**ASSIGNMENT**
Copy out, exactly, the first line of the entries below and every line after it through the one containing "the UN directory".

**SUPPLIED DATA**
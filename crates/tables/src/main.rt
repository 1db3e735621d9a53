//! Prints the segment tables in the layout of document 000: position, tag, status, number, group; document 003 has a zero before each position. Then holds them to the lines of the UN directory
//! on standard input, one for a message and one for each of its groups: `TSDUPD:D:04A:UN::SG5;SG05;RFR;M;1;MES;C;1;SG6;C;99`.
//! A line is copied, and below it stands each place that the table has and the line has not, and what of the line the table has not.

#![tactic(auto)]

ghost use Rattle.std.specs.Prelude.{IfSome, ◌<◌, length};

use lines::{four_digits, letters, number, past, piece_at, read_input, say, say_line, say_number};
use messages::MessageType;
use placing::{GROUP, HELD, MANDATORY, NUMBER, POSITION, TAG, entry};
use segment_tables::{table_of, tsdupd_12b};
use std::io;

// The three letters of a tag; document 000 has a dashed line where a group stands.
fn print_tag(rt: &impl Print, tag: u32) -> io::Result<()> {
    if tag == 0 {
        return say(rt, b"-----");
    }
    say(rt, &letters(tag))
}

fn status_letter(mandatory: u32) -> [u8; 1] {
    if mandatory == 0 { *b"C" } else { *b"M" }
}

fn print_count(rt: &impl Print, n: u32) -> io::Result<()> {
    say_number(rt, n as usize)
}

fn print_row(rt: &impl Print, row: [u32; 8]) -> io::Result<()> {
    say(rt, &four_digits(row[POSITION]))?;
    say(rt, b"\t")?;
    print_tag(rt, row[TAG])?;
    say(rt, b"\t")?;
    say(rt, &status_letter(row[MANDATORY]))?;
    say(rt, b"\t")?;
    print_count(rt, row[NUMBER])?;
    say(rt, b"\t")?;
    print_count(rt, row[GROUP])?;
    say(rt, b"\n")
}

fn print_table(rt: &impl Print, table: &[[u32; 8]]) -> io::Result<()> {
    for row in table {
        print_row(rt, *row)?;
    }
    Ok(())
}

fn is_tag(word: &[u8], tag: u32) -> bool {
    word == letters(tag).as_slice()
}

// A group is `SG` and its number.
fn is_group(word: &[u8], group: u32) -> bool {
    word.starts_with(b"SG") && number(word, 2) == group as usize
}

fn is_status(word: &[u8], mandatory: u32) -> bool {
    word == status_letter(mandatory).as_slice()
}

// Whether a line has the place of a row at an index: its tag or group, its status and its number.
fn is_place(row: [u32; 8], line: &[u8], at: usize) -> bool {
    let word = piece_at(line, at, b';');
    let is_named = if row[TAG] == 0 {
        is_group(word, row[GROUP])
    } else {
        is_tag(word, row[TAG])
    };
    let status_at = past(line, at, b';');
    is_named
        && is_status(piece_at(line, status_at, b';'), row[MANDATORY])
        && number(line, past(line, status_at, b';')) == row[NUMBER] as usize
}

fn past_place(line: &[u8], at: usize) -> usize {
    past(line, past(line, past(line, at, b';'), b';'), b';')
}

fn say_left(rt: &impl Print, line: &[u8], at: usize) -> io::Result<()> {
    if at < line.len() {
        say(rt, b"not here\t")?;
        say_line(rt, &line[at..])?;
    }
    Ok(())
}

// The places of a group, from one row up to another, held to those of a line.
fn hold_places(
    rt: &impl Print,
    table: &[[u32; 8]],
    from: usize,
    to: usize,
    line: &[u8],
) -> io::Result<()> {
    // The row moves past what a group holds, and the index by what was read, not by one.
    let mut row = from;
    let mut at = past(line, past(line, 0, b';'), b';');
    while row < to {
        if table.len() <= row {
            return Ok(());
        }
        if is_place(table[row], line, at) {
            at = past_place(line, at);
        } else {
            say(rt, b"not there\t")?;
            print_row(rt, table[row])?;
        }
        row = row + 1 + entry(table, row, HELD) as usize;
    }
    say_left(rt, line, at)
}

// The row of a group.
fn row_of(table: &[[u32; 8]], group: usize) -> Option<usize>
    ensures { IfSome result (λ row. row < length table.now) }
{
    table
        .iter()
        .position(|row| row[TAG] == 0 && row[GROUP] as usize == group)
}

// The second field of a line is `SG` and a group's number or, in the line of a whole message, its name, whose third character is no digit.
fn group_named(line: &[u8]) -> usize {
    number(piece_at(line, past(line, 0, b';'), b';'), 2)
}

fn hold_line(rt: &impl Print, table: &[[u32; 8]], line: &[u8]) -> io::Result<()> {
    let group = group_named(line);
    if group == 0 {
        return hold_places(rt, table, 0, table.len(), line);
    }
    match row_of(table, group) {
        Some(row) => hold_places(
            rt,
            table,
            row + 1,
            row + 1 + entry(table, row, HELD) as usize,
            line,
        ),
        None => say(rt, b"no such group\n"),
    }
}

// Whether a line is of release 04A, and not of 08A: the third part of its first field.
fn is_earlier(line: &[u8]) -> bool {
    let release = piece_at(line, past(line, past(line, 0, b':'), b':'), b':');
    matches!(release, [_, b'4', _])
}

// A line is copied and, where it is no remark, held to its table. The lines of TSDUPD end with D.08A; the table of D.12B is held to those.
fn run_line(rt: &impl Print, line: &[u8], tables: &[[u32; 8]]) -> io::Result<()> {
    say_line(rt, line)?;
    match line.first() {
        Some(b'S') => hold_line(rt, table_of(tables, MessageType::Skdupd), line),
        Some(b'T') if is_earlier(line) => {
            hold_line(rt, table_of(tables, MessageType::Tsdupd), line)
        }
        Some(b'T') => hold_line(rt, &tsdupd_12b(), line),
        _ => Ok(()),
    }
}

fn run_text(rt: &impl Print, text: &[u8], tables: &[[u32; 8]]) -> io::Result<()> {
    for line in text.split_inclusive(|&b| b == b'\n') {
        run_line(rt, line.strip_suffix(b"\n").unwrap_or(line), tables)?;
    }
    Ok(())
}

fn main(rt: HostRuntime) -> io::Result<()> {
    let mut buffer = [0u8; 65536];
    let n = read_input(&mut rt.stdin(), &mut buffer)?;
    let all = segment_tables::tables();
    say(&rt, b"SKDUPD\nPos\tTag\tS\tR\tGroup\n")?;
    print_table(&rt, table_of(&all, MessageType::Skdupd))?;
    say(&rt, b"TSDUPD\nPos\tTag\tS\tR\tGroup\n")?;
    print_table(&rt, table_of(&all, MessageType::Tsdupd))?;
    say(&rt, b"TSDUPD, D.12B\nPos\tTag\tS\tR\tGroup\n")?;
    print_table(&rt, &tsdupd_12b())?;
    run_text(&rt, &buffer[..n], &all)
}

**OUTPUT OF THE EXERCISE**
filename crates/tables/src/main.rt
repository 1db3e735621d9a53
//! Prints the segment tables in the layout of document 000: position, tag, status, number, group; document 003 has a zero before each position. Then holds them to the lines of the UN directory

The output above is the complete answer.